Этого было совершенно достаточно… Татьяна Власьевна сама вызывала на сватовство последним отзывом, и Пелагея Миневна вышла в сени в радостном волнении, от которого у ней кружилась голова. «Устрой, Господи, все на пользу!» – шептала она про себя, спускаясь по лесенке во двор. Пелагея Миневна в своем радужном настроении дошла до самых ворот и только хотела взяться за кольцо калитки, как она растворилась сама, а в калитке показалась женская высокая фигура в двух шубах с наглухо завернутой головой в несколько шалей.
– Алена Евстратьевна!.. – проговорила Пелагея Миневна, пристально вглядываясь в стоявшую неподвижно женскую фигуру. – Откуда Бог несет?
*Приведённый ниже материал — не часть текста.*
//! The tree of tokens that are known to be a sentence of the grammar without a type of level 17.
//!
//! What a sentence must have at a place is taken there unseen, so only memory can be wanting. Each
//! function reads what one rule of the grammar derives, by its rows: its contract says that the tokens are
//! those that the part of the tree is spelled with, wherever the rule's tokens come first. Types are the
//! only parts that are built by recursion; the arguments of extended attributes, which nest without a
//! bound, are read by the machine of the grammar.

mod arguments;
mod definitions;
mod dictionaries;
mod extended_attributes;
mod iterables;
mod literals;
mod members;
mod names;
mod reader;
mod type_words;
mod types;

pub use reader::Reader;
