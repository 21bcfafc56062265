//! The syntax tree of a file of Web IDL.
//!
//! It stands on the tokens of `widl_lex`, on the grammar of `widl_grammar` and on the tree's types in
//! `widl_idl`. The one contract that the crates above use is that of [`parse`]: `Ok` exactly for the
//! sentences of the grammar without a type of level 17, with the tree that spells the file's tokens, and
//! otherwise the place of the fault.
#![tactic(auto)]

mod build;
mod fragment;
pub mod laws;

pub use fragment::parse;
pub use widl_grammar::SyntaxFault;
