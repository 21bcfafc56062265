//! Folders of files that are read from their start to their end, in memory and on the disk. It stands
//! on `widl_sink` for what a count of faults means. The one contract that the crates above use: what
//! [`fetch`] answers for a file, by the told files where the folder tells them, and by its counts.
#![tactic(auto)]

mod disk_folder;
mod files;
mod folder;
mod memory_folder;
mod reading;
mod sure_folder;
mod whole_file;

pub use disk_folder::DiskFolder;
pub use files::{Files, NamedFile};
pub use folder::{Folder, ReadFailed, Started};
pub use memory_folder::MemoryFolder;
pub use sure_folder::SureFolder;
pub use whole_file::{FetchError, fetch};
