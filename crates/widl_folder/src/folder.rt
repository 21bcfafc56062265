//! What every folder promises.

use thiserror::Error;

/// What came of starting a file.
#[derive(Clone, Copy, Debug, PartialEq, Eq)]
pub enum Started {
    /// The file can be read from its first byte.
    Ready,
    /// There is no file with this name; the count of misses has risen.
    Missing,
    /// The file could not be opened; the count of faults has risen.
    Failed,
}

/// A read failed, and the folder counted a fault.
#[derive(Clone, Copy, Debug, PartialEq, Eq, Error)]
#[error("a read failed")]
pub struct ReadFailed;

/// Files by name, of which one at a time is read.
///
/// Its contracts see the files, which it may tell or not, and five numbers: how often a file was
/// missing, how often the folder has failed, how many bytes it gave since the last start, and how
/// many starts there were. A count that stands at the end of its type counts as risen in every call.
pub trait Folder {
    ghost use Rattle.std.specs.Prelude.{◌≡◌, ℕ, ◌+◌, ◌^◌, ◌<◌, ◌≤◌, ◌↔◌, Bool, true, List, length, take, IfOk, OnErr, OnOk, IsTrue};
    ghost use Rattle.std.specs.declared.option.Option.{Option};
    ghost use Rattle.std.specs.declared.result.Result.{Result};
    ghost use Rattle.widl_folder.specs.declared.folder.Started as answers;
    ghost use Rattle.std.specs.Io.KnownBytes.{prepend_known, IsAtEnd};
    ghost use Rattle.widl_sink.specs.Causes.{HasCause};
    ghost use Rattle.widl_folder.specs.Folders.{TakesUp, Counts, next_count};

    /// The files, from name to bytes, if it tells them.
    ghost files: { Self → Option (List (List ℕ × List ℕ)) };

    /// What is left of the started file, if it tells it.
    ghost left: { Self → Option (List ℕ) };

    /// Whether a file is started.
    ghost is_started: { Self → Bool };

    /// How often a file was missing.
    ghost misses: { Self → ℕ };

    /// How often the folder has failed.
    ghost faults: { Self → ℕ };

    /// How many bytes it gave since the last start.
    ghost given: { Self → ℕ };

    /// How many starts there were.
    ghost starts: { Self → ℕ };

    /// What a folder of this kind says of a start besides what each folder does: of the folder before it,
    /// the answer, and the folder after it.
    ghost Starts: { Self → answers.Started → Self → Type 0 };

    /// The same of a read into so much room.
    ghost Reads: { {E : Type 0} → Self → ℕ → Result ℕ E → Self → Type 0 };

    /// Takes up a file from its first byte. Where it isn't ready no file is started.
    fn start(&mut self, name: &str) -> Started
        ensures content { TakesUp (files self.old) name.now result (left self.new) }
        ensures started { IsTrue (is_started self.new) ↔ (result ≡ Started.Ready) }
        ensures misses { Counts (result ≡ Started.Missing) (misses self.old) (misses self.new) }
        ensures faults { Counts (result ≡ Started.Failed) (faults self.old) (faults self.new) }
        ensures given { given self.new ≡ 0 }
        ensures starts { starts self.new ≡ next_count (starts self.old) }
        ensures files { files self.new ≡ files self.old }
        ensures own { Starts self.old result self.new };

    /// Gives some more bytes of the started file, none only at its end.
    ///
    /// # Errors
    ///
    /// `ReadFailed` where the read failed; the count of faults has risen then, and no byte was given.
    fn read(&mut self, into: &mut [u8]) -> Result<u32, ReadFailed>
        requires started { IsTrue (is_started self.old) }
        requires some { 0 < length into.old }
        requires room { given self.old + length into.old < 2 ^ 32 }
        ensures most { IfOk result (λ count. count ≤ length into.new) }
        ensures content { IfOk result (λ count. left self.old ≡ prepend_known (take count into.new) (left self.new)) }
        ensures end { IfOk result (λ count. count ≡ 0 → IsAtEnd (left self.new)) }
        ensures given { IfOk result (λ count. given self.new ≡ given self.old + count) }
        ensures given_err { OnErr result (given self.new ≡ given self.old) }
        ensures cause { HasCause (faults self.old) (faults self.new) result }
        ensures started { IsTrue (is_started self.new) }
        ensures misses { misses self.new ≡ misses self.old }
        ensures starts { starts self.new ≡ starts self.old }
        ensures files { files self.new ≡ files self.old }
        ensures own { Reads self.old (length into.old) result self.new };
}
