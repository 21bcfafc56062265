//! From the tokens of a file to its tree.

ghost use Rattle.std.specs.Prelude.{◌≡◌, ◌⊎◌, OnOk, IfOk, IfErr, IsOkUnless, length, []};
ghost use Rattle.widl_predictive.specs.Grammar.{IsAccepted};
ghost use Rattle.widl_grammar.specs.declared.fault.SyntaxFault.TheVariants.{Memory};
ghost use Rattle.widl_grammar.specs.declared.rule.Rule.TheVariants.{Definitions};
ghost use Rattle.widl_grammar.specs.Rows.{grammar};
ghost use Rattle.widl_grammar.specs.Source.{terminals_of, IsFaultOf};
ghost use Rattle.widl_syntax.specs.Nesting.{HasLevels};
ghost use Rattle.widl_syntax.specs.Signs.{UnparsesTo};
ghost use Rattle.widl_syntax.specs.UnparsedDefinitions.{fragment};

use crate::build::Reader;
use std::alloc::Global;
use widl_grammar::{SyntaxFault, check_terminals, terminals_of};
use widl_idl::Fragment;
use widl_lex::Tokens;

/// The tree of a file ([Web IDL, IDL grammar](https://webidl.spec.whatwg.org/#idl-grammar)). The time is
/// linear in the number of tokens.
///
/// The tree spells the file: the signs that it stands for, one case for each alternative of the grammar,
/// are the file's tokens in order, with their texts where the tree has texts and their places where it
/// has places. Its number is the file's, and its count of tokens theirs. No type of it nests deeper than
/// 16 levels, which bounds every recursion over its types.
///
/// `Ok` exactly for a sentence of the grammar without a type of level 17. Otherwise the lower of the
/// file's two places: [`SyntaxFault::Syntax`] at the first token up to and including which no sentence
/// begins, or at the file's length where the file ends too early; [`SyntaxFault::TooDeep`] at the first
/// token that begins a type of level 17 in some sentence that begins with the tokens up to and
/// including it. [`SyntaxFault::Memory`] may come for any file.
pub fn parse(alloc: Global, tokens: &Tokens<'_>) -> Result<Fragment, SyntaxFault>
    ensures ok { OnOk result (IsAccepted grammar Definitions (terminals_of tokens.now)) }
    ensures file { IfOk result (λ fragment. fragment.file ≡ tokens.now.file) }
    ensures tokens { IfOk result (λ fragment. fragment.token_count ≡ length tokens.now.lexemes) }
    ensures levels { IfOk result (λ read. HasLevels 16 read) }
    ensures spelled { IfOk result (λ read. UnparsesTo (fragment read) tokens.now.lexemes []) }
    ensures fault { IfErr result (λ e. (e ≡ Memory) ⊎ IsFaultOf tokens.now e) }
    ensures complete { IsAccepted grammar Definitions (terminals_of tokens.now) → IsOkUnless result Memory }
{
    let terminals = terminals_of(alloc, tokens)?;
    match check_terminals(alloc, tokens, &terminals) {
        Ok(()) => match Reader::new(alloc, &*tokens, &terminals).definitions() {
            Ok(definitions) => Ok(Fragment {
                file: tokens.file(),
                token_count: tokens.len(),
                definitions,
            }),
            Err(_) => Err(SyntaxFault::Memory),
        },
        Err(fault) => Err(fault),
    }
}
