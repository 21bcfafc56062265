//! A folder in memory that never fails.

ghost use Rattle.std.specs.Prelude.{◌≡◌, None};
ghost use Rattle.widl_folder.specs.Readings.{SureFolderState};

use crate::reading::{Reading, find, give};
use crate::{Files, Folder, ReadFailed, Started};
use std::marker::Model;

/// Files in memory that never fail: the count of faults is always 0.
#[derive(Drop)]
pub struct SureFolder {
    files: Files,
    reading: Option<Reading>,
    misses: u64,
    given: u32,
    starts: u64,
}

impl Model for SureFolder {
    ghost Value = { SureFolderState };

    ghost view = { λ f. record { files = f.files; reading = f.reading; misses = f.misses; given = f.given; starts = f.starts } };
}

impl SureFolder {
    /// A folder of these files.
    pub fn new(files: Files) -> SureFolder
        ensures { result ≡ record { files = files; reading = None; misses = 0; given = 0; starts = 0 } }
    {
        SureFolder {
            files,
            reading: None,
            misses: 0,
            given: 0,
            starts: 0,
        }
    }
}

impl Folder for SureFolder {
    ghost use Rattle.std.specs.Prelude.{Some, is_some};
    ghost use Rattle.widl_folder.specs.Readings.{SureReads, SureStarts, left_of};

    ghost files = { λ f. Some f.files };

    ghost left = { λ f. Some (left_of f.files f.reading) };

    ghost is_started = { λ f. is_some f.reading };

    ghost misses = { λ f. f.misses };

    ghost faults = { λ _. 0 };

    ghost given = { λ f. f.given };

    ghost starts = { λ f. f.starts };

    ghost Starts = { λ old answer new. SureStarts answer };

    ghost Reads = { λ old room result new. SureReads old room result };

    fn start(&mut self, name: &str) -> Started {
        self.given = 0;
        self.starts = self.starts.saturating_add(1);
        self.reading = None;
        match find(&self.files, name) {
            Some(place) => {
                self.reading = Some(Reading { place, offset: 0 });
                Started::Ready
            }
            None => {
                self.misses = self.misses.saturating_add(1);
                Started::Missing
            }
        }
    }

    fn read(&mut self, into: &mut [u8]) -> Result<u32, ReadFailed> {
        let Some(reading) = self.reading else {
            return Ok(0);
        };
        let (next, count) = give(&self.files, reading, into);
        self.reading = Some(next);
        self.given += count;
        Ok(count)
    }
}
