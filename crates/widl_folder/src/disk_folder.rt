//! The files of the disk as a folder.

ghost use Rattle.std.specs.Prelude.{◌≡◌, None, is_some, ⊤};

use crate::{Folder, ReadFailed, Started};
use std::io::Read;
use std::rt::Files;
use std::{fs, io};

/// The files of the disk: it counts each error, and tells no content.
///
/// A name that isn't there is missing; any other failed opening is a fault, and so is a read of a
/// folder. What the disk holds is not a thing that a contract can say, so this adapter is part of the
/// trusted edge.
#[derive(Drop)]
pub struct DiskFolder<'a, R: Files> {
    rt: &'a R,
    file: Option<R::File>,
    misses: u64,
    faults: u64,
    given: u32,
    starts: u64,
}

impl<'a, R: Files> DiskFolder<'a, R> {
    /// The files that the runtime reaches, with all counts at 0.
    pub fn new(rt: &'a R) -> DiskFolder<'a, R>
        ensures misses { ⟦<DiskFolder<'a, R> as Folder>⟧.misses result ≡ 0 }
        ensures faults { ⟦<DiskFolder<'a, R> as Folder>⟧.faults result ≡ 0 }
        ensures given { ⟦<DiskFolder<'a, R> as Folder>⟧.given result ≡ 0 }
        ensures starts { ⟦<DiskFolder<'a, R> as Folder>⟧.starts result ≡ 0 }
    {
        DiskFolder {
            rt,
            file: None,
            misses: 0,
            faults: 0,
            given: 0,
            starts: 0,
        }
    }
}

impl<'a, R: Files> Folder for DiskFolder<'a, R> {
    ghost files = { λ _. None };

    ghost left = { λ _. None };

    ghost is_started = { λ f. is_some f.file };

    ghost misses = { λ f. f.misses };

    ghost faults = { λ f. f.faults };

    ghost given = { λ f. f.given };

    ghost starts = { λ f. f.starts };

    ghost Starts = { λ old answer new. ⊤ };

    ghost Reads = { λ old room result new. ⊤ };

    fn start(&mut self, name: &str) -> Started {
        self.given = 0;
        self.starts = self.starts.saturating_add(1);
        self.file = None;
        match fs::open(self.rt, name) {
            Ok(file) => {
                self.file = Some(file);
                Started::Ready
            }
            Err(e) if e.kind() == io::ErrorKind::NotFound => {
                self.misses = self.misses.saturating_add(1);
                Started::Missing
            }
            Err(_) => {
                self.faults = self.faults.saturating_add(1);
                Started::Failed
            }
        }
    }

    fn read(&mut self, into: &mut [u8]) -> Result<u32, ReadFailed> {
        let result = match &mut self.file {
            Some(file) => file.read(into),
            None => Ok(0),
        };
        match result {
            Ok(count) => {
                self.given += count as u32;
                Ok(count as u32)
            }
            Err(_) => {
                self.faults = self.faults.saturating_add(1);
                Err(ReadFailed)
            }
        }
    }
}
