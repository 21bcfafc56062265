//! Files in memory.

ghost use Rattle.std.specs.Prelude.{◌≡◌, ℕ, ◌<◌, List, [], ◌∷◌, ◌++◌, length, string_bytes, slice_get, slice_set, Some, OnOk, OnErr};

use std::alloc::{AllocError, Global};
use std::marker::Model;
use std::mem;

/// A name and the bytes of its file.
#[derive(Drop)]
pub struct NamedFile {
    name: String,
    bytes: Vec<u8>,
}

impl Model for NamedFile {
    ghost Value = { List ℕ × List ℕ };

    ghost view = { λ f. (string_bytes f.name, f.bytes.items) };
}

impl NamedFile {
    /// A file with this name and these bytes.
    pub fn new(name: String, bytes: Vec<u8>) -> NamedFile
        ensures { result ≡ (string_bytes name, bytes.items) }
    {
        NamedFile { name, bytes }
    }

    /// The name.
    pub fn name(&self) -> &str
        ensures { result.now ≡ self.now.0 }
    {
        &self.name
    }

    /// The bytes.
    pub fn bytes(&self) -> &[u8]
        ensures { result.now ≡ self.now.1 }
    {
        &self.bytes
    }
}

/// Files by name; of two with one name the first counts.
#[derive(Drop)]
pub struct Files {
    items: Vec<NamedFile>,
}

impl Model for Files {
    ghost Value = { List (List ℕ × List ℕ) };

    ghost view = { λ f. f.items.items };
}

impl Files {
    /// The empty list.
    pub fn new(alloc: Global) -> Files
        ensures { result ≡ [] }
    {
        Files {
            items: Vec::new(alloc),
        }
    }

    /// How many files the list has.
    pub fn len(&self) -> usize
        ensures { result ≡ length self.now }
    {
        self.items.len()
    }

    /// The file at a place.
    pub fn at(&self, place: usize) -> &NamedFile
        requires { place < length self.now }
        ensures { slice_get self.now place ≡ Some result.now }
    {
        &self.items[place]
    }

    /// Puts a file at a place, and gives back the former one.
    pub fn replace(&mut self, place: usize, item: NamedFile) -> NamedFile
        requires { place < length self.old }
        ensures list { self.new ≡ slice_set self.old place item }
        ensures former { slice_get self.old place ≡ Some result }
    {
        mem::replace(&mut self.items[place], item)
    }

    /// Adds a file at the end.
    ///
    /// # Errors
    ///
    /// `AllocError` where there is no memory; the list is unchanged then.
    pub fn push(&mut self, item: NamedFile) -> Result<(), AllocError>
        ensures ok { OnOk result (self.new ≡ self.old ++ item ∷ []) }
        ensures err { OnErr result (self.new ≡ self.old) }
    {
        self.items.push(item)?;
        Ok(())
    }
}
– Из Верхотурья приехала, – как-то нехотя ответила Алена Евстратьевна, оглядывая Пелагею Миневну с ног до головы.
– Аль не узнали меня-то?
– Что-то как будто запамятовала…
– Пазухиных-то, может, еще не забыла, Алена Евстратьевна? Суседи в прежнее время были с вами…
– Да-да… помню.
Алена Евстратьевна даже не подала руки Пелагее Миневне, а только сухо ей поклонилась, как настоящая заправская барыня. Эта встреча разом разбила розовое настроение Пелагеи Миневны, у которой точно что оборвалось внутри… Гордячка была эта Алена Евстратьевна, и никто ее не любил, даже Татьяна Власьевна. Теперь Пелагея Миневна постояла-постояла, посмотрела, как въезжали во двор лошади, на которых приехала Алена Евстратьевна, а потом уныло поплелась домой.
«И принесло же ее ни раньше ни после… – сердито думала Пазухина, подходя к своему дому. – Пожалуй, все наше дело испортит. Придется погодить, видно, как она в свое Верхотурье уберется…»
Марфа Петровна видела, как приехала Алена Евстратьевна, и все поняла без объяснений: случай вышел не в руку; ну да все под Богом ходим, не век же будет жить в Белоглинском эта гордячка.
Появление Алены Евстратьевны произвело в брагинском доме настоящий переворот, хотя там ее никто особенно не жаловал. Раньше она редко приезжала в гости и оставалась всего дня на два, на три; но на этот раз по всем признакам готовилась прогостить вплоть до последнего санного пути.
– На наше золото прилетели, Алена Евстратьевна? – язвительно спрашивал Зотушка, кутивший все праздники.
– Какое золото? – удивилась Алена Евстратьевна.
– Отец-то разве не описывал тебе ничего? – спрашивала Татьяна Власьевна: она называла Гордея отцом, как большака в семье.